What you need to do: An exact copy of the data below is required; return it in full.

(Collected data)

^^^^^^^^^^^^^^^^

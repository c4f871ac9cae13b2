ghost use Rattle.std.specs.Prelude.{◌≡◌, ◌<◌, [], Some, IsSome, OnOk, IsOk};
ghost use Rattle.slot_table.specs.Rows.{row_at, row_of, IsWith};
ghost use Rattle.std.specs.Option.{option_copied};
ghost use Rattle.site.specs.Contents.{slot_at, unless_there};

use fed_types::{BagId, Slot};
use slot_table::SlotTable;
use std::alloc::{AllocError, Global};
use std::marker::Model;

/// The site's deposits, one a slot, in the order in which they were recorded.
#[derive(Drop)]
pub(crate) struct Deposits {
    in_order: Vec<(Slot, BagId)>,
    // The same by slot. A slot without a deposit may have a row too, and then it is empty.
    by_slot: SlotTable<Option<BagId>>,
}

impl Model for Deposits {
    ghost use Rattle.std.specs.Prelude.{vec_capacity, vec_len, ◌-◌};
    ghost use Rattle.site.specs.inner.Kept.{Kept, AreSame};

    ghost Value = { Kept };

    ghost view = { λ d. record {
      bags = d.in_order.items;
      room = vec_capacity d.in_order - vec_len d.in_order;
      by_slot = d.by_slot;
    } };

    ghost invariant = { λ d. AreSame d.in_order.items d.by_slot };
}

impl Deposits {
    /// No slot has a deposit.
    pub(crate) fn new(alloc: Global) -> Deposits
        ensures { result.bags ≡ [] }
    {
        Deposits {
            in_order: Vec::new(alloc),
            by_slot: SlotTable::new(alloc),
        }
    }

    /// The slot's deposit.
    pub(crate) fn of(&self, slot: &Slot) -> Option<BagId>
        ensures { result ≡ row_at self.now.bags slot.now }
    {
        match self.by_slot.get(slot) {
            Some(bag) => *bag,
            None => None,
        }
    }

    /// The slot at this place, counted from 0.
    pub(crate) fn slot_at(&self, place: usize) -> Option<&Slot>
        ensures { option_copied result ≡ slot_at self.now.bags place }
    {
        match self.in_order.get(place) {
            Some(deposit) => Some(&deposit.0),
            None => None,
        }
    }

    /// Makes room for a deposit of this slot.
    pub(crate) fn reserve(&mut self, slot: &Slot) -> Result<(), AllocError>
        ensures same { self.new.bags ≡ self.old.bags }
        ensures room { OnOk result (0 < self.new.room) }
        ensures row { OnOk result (IsSome (row_at self.new.by_slot slot.now)) }
        ensures succeeds { 0 < self.old.room → IsSome (row_at self.old.by_slot slot.now)
            → IsOk result }
    {
        self.in_order.reserve(1)?;
        self.by_slot.reserve(slot, None)
    }

    /// Notes a deposit, unless the slot has one.
    pub(crate) fn note(&mut self, slot: Slot, bag: BagId)
        requires room { 0 < self.old.room }
        requires row { IsSome (row_at self.old.by_slot slot) }
        ensures { self.new.bags ≡ unless_there self.old.bags slot bag (row_at self.old.bags slot) }
    {
        if self.of(&slot).is_some() {
            return;
        }
        keep(&mut self.by_slot, &slot, bag);
        self.in_order.push_reserved((slot, bag));
    }
}

// The slot, which has a row, has this deposit.
fn keep(by_slot: &mut SlotTable<Option<BagId>>, slot: &Slot, bag: BagId)
    requires { IsSome (row_at by_slot.old slot.now) }
    ensures { IsWith by_slot.old by_slot.new slot.now (Some bag) }
{
    if let Some(own) = by_slot.get_mut(slot) {
        *own = Some(bag);
    }
}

^^^^^^^^^^^^^^^^

Solution to this task:
repository c4f871ac9cae13b2
ghost use Rattle.std.specs.Prelude.{◌≡◌, ◌<◌, [], Some, IsSome, OnOk, IsOk};
ghost use Rattle.slot_table.specs.Rows.{row_at, row_of, IsWith};
ghost use Rattle.std.specs.Option.{option_copied};
ghost use Rattle.site.specs.Contents.{slot_at, unless_there};

use fed_types::{BagId, Slot};
use slot_table::SlotTable;
use std::alloc::{AllocError, Global};
use std::marker::Model;

/// The site's deposits, one a slot, in the order in which they were recorded.
#[derive(Drop)]
pub(crate) struct Deposits {
    in_order: Vec<(Slot, BagId)>,
    // The same by slot. A slot without a deposit may have a row too, and then it is empty.
    by_slot: SlotTable<Option<BagId>>,
}

impl Model for Deposits {
    ghost use Rattle.std.specs.Prelude.{vec_capacity, vec_len, ◌-◌};
    ghost use Rattle.site.specs.inner.Kept.{Kept, AreSame};

    ghost Value = { Kept };

    ghost view = { λ d. record {
      bags = d.in_order.items;
      room = vec_capacity d.in_order - vec_len d.in_order;
      by_slot = d.by_slot;
    } };

    ghost invariant = { λ d. AreSame d.in_order.items d.by_slot };
}

impl Deposits {
    /// No slot has a deposit.
    pub(crate) fn new(alloc: Global) -> Deposits
        ensures { result.bags ≡ [] }
    {
        Deposits {
            in_order: Vec::new(alloc),
            by_slot: SlotTable::new(alloc),
        }
    }

    /// The slot's deposit.
    pub(crate) fn of(&self, slot: &Slot) -> Option<BagId>
        ensures { result ≡ row_at self.now.bags slot.now }
    {
        match self.by_slot.get(slot) {
            Some(bag) => *bag,
            None => None,
        }
    }

    /// The slot at this place, counted from 0.
    pub(crate) fn slot_at(&self, place: usize) -> Option<&Slot>
        ensures { option_copied result ≡ slot_at self.now.bags place }
    {
        match self.in_order.get(place) {
            Some(deposit) => Some(&deposit.0),
            None => None,
        }
    }

    /// Makes room for a deposit of this slot.
    pub(crate) fn reserve(&mut self, slot: &Slot) -> Result<(), AllocError>
        ensures same { self.new.bags ≡ self.old.bags }
        ensures room { OnOk result (0 < self.new.room) }
        ensures row { OnOk result (IsSome (row_at self.new.by_slot slot.now)) }
        ensures succeeds { 0 < self.old.room → IsSome (row_at self.old.by_slot slot.now)
            → IsOk result }
    {
        self.in_order.reserve(1)?;
        self.by_slot.reserve(slot, None)
    }

    /// Notes a deposit, unless the slot has one.
    pub(crate) fn note(&mut self, slot: Slot, bag: BagId)
        requires room { 0 < self.old.room }
        requires row { IsSome (row_at self.old.by_slot slot) }
        ensures { self.new.bags ≡ unless_there self.old.bags slot bag (row_at self.old.bags slot) }
    {
        if self.of(&slot).is_some() {
            return;
        }
        keep(&mut self.by_slot, &slot, bag);
        self.in_order.push_reserved((slot, bag));
    }
}

// The slot, which has a row, has this deposit.
fn keep(by_slot: &mut SlotTable<Option<BagId>>, slot: &Slot, bag: BagId)
    requires { IsSome (row_at by_slot.old slot.now) }
    ensures { IsWith by_slot.old by_slot.new slot.now (Some bag) }
{
    if let Some(own) = by_slot.get_mut(slot) {
        *own = Some(bag);
    }
}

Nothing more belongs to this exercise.